1. Field of the Invention
The present invention relates to the field of electrical heating cable typically used to maintain pipes and related equipment at temperatures above freezing or at elevated process temperatures. In particular, the present invention provides an improved parallel zone heating cable with enhanced flexibility and shortened zone lengths.
2. Description of the Prior Art
Parallel zone heating cables are known per se and are in common usage in refineries, chemical plants, commercial and residential installations, and identified as heat tracing cables. In a typical construction of a parallel zone cable, two or three insulated bus wires (also called electrode wires) are provided. They may be solid or stranded, and are typically insulated with polyvinyl chloride, thermoplastic elastomers, fluoropolymers, or any other known and temperature rated conventional insulation. The insulated bus wires are jacketed with a further layer of insulating material, which is provided to maintain the bus wires in a parallel, untwisted configuration, as is necessary for further processing. The insulation over the bus wire insulation is skived in 1 or 2 inch sections, at alternating sites from bus wire to the other, along the full length of the cable, to expose the metal bus wire. A heater wire of known resistance, measured in ohms/lineal foot, is then spirally wrapped around the jacketed bus wires, making electric contact at the alternating exposed sites, with the bus wire. A layer of Fibreglass may then be wound over the heater wire, to secure and cushion the heater wire, and the entire construction is then jacketed with an electrically insulated layer.

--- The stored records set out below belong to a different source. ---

// How much of an order is needed.
ghost use Rattle.std.specs.Prelude.{◌≡◌, ◌≤◌, IfOk, [], length, take};
ghost use Rattle.subset_query.specs.Forms.{columns_of, printed_columns, names_all, ends_at_key};
ghost use Rattle.subset_query.specs.Settling.{names, is_enough, needed, needed_order};

use crate::fixed::is_fixed;
use cite_schema::{Dir, Item, List, NoMemory, Shown, Value};

/// Whether the order names the column.
fn names(order: &[Dir], column: u16) -> bool
    ensures { result ≡ names order.now column }
{
    order
        .iter()
        .map(|dir| dir.column)
        .any(|named| named == column)
}

/// Whether the order names what the item shows as a column.
fn is_named(what: &Shown, order: &[Dir]) -> bool
    ensures { result ≡ names_all (columns_of what.now) order.now }
{
    match what {
        Shown::Column(column) => names(order, *column),
        Shown::Constant(_) => true,
    }
}

/// Whether the order names every column that an item shows.
fn all_named(items: &[Item], order: &[Dir]) -> bool
    ensures { result ≡ names_all (printed_columns items.now) order.now }
{
    for item in items {
        if !is_named(&item.what, order) {
            return false;
        }
    }
    true
}

/// Whether the order ends at the key.
fn ends_at_key(order: &[Dir]) -> bool
    ensures { result ≡ ends_at_key order.now }
{
    match order {
        [.., last] => last.column == 0,
        [] => false,
    }
}

/// Whether no further column can change a byte: the order ends at the key, or names every column that is shown.
fn is_enough(items: &[Item], order: &[Dir]) -> bool
    ensures { result ≡ is_enough (printed_columns items.now) order.now }
{
    ends_at_key(order) || all_named(items, order)
}

// Moves the columns of the order that are needed to its front, and says how many they are. The order ends as soon as it
// is long enough; before that a column drops out where it is fixed to one value, or occurred before.
fn keep_needed(items: &[Item], order: &mut [Dir], fixed: &[Option<Value>]) -> usize
    ensures within { result ≤ length order.new }
    ensures kept { needed fixed.now (printed_columns items.now) (take result order.new) [] ≡ needed fixed.now (printed_columns items.now) [] order.old }
{
    let mut kept = 0;
    for at in 0..order.len() {
        if is_enough(items, &order[..kept]) {
            return kept;
        }
        let dir = order[at];
        if !is_fixed(fixed, dir.column) && !names(&order[..kept], dir.column) {
            order[kept] = dir;
            kept += 1;
        }
    }
    kept
}

/// The order without what decides nothing. A column drops out where it is fixed to one value, or occurred before. The
/// order is completed by the key, and ends as soon as it is at the key, or every column that is shown has occurred;
/// where the key is fixed it is empty. It takes memory for the key alone, and compares each column with those before it.
pub fn needed_order(
    items: &[Item],
    order: List<Dir>,
    fixed: &[Option<Value>],
) -> Result<List<Dir>, NoMemory>
    ensures { IfOk result (λ needed. needed ≡ needed_order fixed.now (printed_columns items.now) order) }
{
    let mut order = order.into_vec();
    if is_fixed(fixed, 0) {
        order.clear();
        return Ok(List::from_vec(order));
    }
    let kept = keep_needed(items, &mut order, fixed);
    order.truncate(kept);
    if !is_enough(items, &order) {
        order.push(Dir {
            column: 0,
            down: false,
        })?;
    }
    Ok(List::from_vec(order))
}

The cable described above has been in common use for a number of years and in most conditions will function quite well. However, the heater wire that has traditionally been utilized has been a monofilament wire, and under conditions of rough handling or high temperature cycling tends to break, causing a heater zone (being the distance between two adjacent sites where the insulation has been skived away) to be interrupted, and thereby lose its heating ability. A small number of random zone failures is not considered fatal to a cable, since a zone will be heated by the preceding and following functioning zones, such as on a pipe containing water, oils or chemicals. However, a number of successive zone failures will prevent reasonable operation of the heater cable and will necessitate its removal and replacement.
It has also been observed in parallel zone cables of the sort described above, that thermal shock to the heating wire during the application of an extruded outer jacket may cause the heater wire to form a v-shaped groove along the inner curve of a cable between the bus wires. This is referred to as chevroning and may, in a high temperature thermal cycling environment, result in heat wire kinking and breakage.